**Task statement**
Within the listing, how many lines include "heap"? Please answer with a bare number.

**Material for the task**
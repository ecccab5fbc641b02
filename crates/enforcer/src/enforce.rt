ghost use Rattle.std.specs.Prelude.{◌≤◌};
ghost use Rattle.property.specs.Sized.{most_size};
ghost use Rattle.rules.specs.Meaning.{Lawful};
ghost use Rattle.rules.specs.Tables.{table_rule};
ghost use Rattle.rules.specs.Valued.{meaning};
ghost use Rattle.enforcer.specs.Enforcement.{Enforcement};
ghost use Rattle.enforcer.specs.Limited.{UnderLimit};

use crate::fault::EnforcerFault;
use guard::runs::{Call, Run, run_calls};
use letters::alphabet::Alphabet;
use rules::cap::Cap;
use rules::table::Table;
use std::alloc::Global;
use synthesis::synthesize::synthesize;

/// How many letters a cycle may have besides its end: as many as the property admits, the number of a cap that is made
/// without one, or at most so many.
#[derive(Clone, Copy, PartialEq, Eq, Debug)]
pub enum Limit {
    Unlimited,
    Standard,
    Letters(u32),
}

/// Makes the calls under the table of the property, with the limit.
fn run_under(heap: Global, rule: Table, limit: Limit, calls: &[Call]) -> Result<Run, EnforcerFault>
    requires lawful { Lawful (meaning table_rule rule) }
    requires few { (meaning table_rule rule).count ≤ most_size }
    ensures { UnderLimit (meaning table_rule rule.entry) limit calls.now result }
{
    // A run in each arm, since the table and a cap over it are rules of two types.
    match limit {
        Limit::Unlimited => Ok(run_calls(heap, &rule, calls)?),
        Limit::Standard => Ok(run_calls(heap, &Cap::standard(rule)?, calls)?),
        Limit::Letters(k) => Ok(run_calls(heap, &Cap::new(rule, k)?, calls)?),
    }
}

/// Makes the table of a property file, starts a guard under it and makes the calls.
pub fn enforce(
    heap: Global,
    file: &[u8],
    limit: Limit,
    table: &mut [u16],
    work: &mut [u16],
    calls: &[Call],
) -> Result<Run, EnforcerFault>
    ensures { Enforcement file.now limit calls.now table.old work.old result table.new work.new }
{
    let mut alphabet = Alphabet::new();
    let rows = synthesize(file, &mut alphabet, table, work)?;
    let rule = Table::new(&alphabet, table, rows)?;
    run_under(heap, rule, limit, calls)
}
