//! From a property file and calls to the answers of a guard: synthesis, the table rule, the cap and the guard, joined.
#![tactic(auto)]

pub mod enforce;
pub mod fault;
pub mod offers;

**Solution for this task**
6